─── Exercise input ───
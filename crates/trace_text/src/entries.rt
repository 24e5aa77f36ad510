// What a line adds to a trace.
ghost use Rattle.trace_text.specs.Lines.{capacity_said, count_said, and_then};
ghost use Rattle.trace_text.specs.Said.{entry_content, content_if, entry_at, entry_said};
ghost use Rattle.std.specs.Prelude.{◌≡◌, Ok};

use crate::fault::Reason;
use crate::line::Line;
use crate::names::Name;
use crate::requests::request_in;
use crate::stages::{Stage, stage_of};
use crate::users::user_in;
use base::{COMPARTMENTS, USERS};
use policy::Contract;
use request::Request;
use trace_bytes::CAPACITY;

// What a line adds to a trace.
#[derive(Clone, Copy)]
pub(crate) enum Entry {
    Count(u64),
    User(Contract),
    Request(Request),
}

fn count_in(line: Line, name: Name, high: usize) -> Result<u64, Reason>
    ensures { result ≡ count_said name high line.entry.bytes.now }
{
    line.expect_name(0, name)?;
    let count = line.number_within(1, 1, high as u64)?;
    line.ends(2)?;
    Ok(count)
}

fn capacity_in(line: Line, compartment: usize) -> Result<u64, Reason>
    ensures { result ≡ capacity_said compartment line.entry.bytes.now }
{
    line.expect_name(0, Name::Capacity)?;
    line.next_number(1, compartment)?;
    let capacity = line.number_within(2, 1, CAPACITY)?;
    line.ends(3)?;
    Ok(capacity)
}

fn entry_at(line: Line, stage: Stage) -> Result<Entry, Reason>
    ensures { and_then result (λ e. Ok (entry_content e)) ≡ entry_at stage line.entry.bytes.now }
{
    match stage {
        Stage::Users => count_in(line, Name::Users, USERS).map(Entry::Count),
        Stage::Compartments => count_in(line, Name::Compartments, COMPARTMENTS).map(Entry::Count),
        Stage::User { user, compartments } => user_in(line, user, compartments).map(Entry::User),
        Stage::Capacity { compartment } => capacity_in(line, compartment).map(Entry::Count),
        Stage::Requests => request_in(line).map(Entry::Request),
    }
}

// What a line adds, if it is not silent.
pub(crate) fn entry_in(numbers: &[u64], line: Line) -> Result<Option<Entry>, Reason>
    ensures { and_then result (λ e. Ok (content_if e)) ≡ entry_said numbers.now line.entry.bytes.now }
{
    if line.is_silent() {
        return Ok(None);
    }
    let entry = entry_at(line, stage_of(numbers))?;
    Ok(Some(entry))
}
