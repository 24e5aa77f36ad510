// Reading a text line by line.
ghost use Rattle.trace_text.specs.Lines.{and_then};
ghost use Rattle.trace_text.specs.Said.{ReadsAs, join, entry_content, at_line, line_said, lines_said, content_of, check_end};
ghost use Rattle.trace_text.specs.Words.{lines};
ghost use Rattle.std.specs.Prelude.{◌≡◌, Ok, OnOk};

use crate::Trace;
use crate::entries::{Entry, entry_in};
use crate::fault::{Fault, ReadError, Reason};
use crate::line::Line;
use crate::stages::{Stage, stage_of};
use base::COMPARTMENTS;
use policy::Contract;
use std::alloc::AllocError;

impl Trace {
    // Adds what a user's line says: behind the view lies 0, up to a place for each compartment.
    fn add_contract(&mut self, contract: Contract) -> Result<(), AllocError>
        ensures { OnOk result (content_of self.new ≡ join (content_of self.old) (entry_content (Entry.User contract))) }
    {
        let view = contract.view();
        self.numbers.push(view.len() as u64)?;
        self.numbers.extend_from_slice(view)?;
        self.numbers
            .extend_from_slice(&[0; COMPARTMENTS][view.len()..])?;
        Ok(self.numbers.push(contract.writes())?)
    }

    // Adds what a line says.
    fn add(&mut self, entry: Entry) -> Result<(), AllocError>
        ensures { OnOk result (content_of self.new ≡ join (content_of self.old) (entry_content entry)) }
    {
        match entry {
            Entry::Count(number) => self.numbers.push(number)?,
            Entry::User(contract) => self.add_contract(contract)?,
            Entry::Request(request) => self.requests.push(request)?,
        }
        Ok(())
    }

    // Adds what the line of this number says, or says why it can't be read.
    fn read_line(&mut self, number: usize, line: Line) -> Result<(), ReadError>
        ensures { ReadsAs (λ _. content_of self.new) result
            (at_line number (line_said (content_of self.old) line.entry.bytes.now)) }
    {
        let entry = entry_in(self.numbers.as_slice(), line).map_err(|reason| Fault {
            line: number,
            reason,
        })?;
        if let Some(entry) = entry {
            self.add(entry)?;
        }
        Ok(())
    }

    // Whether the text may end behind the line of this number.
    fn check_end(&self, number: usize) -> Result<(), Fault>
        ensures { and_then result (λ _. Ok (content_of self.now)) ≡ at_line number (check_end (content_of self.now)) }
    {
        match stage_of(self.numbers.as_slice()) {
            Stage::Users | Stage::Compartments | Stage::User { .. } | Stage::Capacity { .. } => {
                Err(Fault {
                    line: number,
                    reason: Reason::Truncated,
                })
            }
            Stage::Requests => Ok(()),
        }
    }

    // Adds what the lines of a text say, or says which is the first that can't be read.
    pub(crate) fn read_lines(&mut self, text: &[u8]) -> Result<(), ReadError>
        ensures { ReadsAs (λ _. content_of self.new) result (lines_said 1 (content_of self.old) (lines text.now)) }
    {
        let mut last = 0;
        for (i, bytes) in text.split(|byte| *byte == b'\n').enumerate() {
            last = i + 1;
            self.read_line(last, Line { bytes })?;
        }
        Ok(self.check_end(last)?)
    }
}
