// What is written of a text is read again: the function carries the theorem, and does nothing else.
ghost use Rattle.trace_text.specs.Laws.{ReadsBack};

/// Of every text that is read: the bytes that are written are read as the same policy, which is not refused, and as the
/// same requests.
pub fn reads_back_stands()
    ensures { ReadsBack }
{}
───
Problem to work on — Your whole answer should be one number, the count of lines in the records that hold "match".

Task result — 3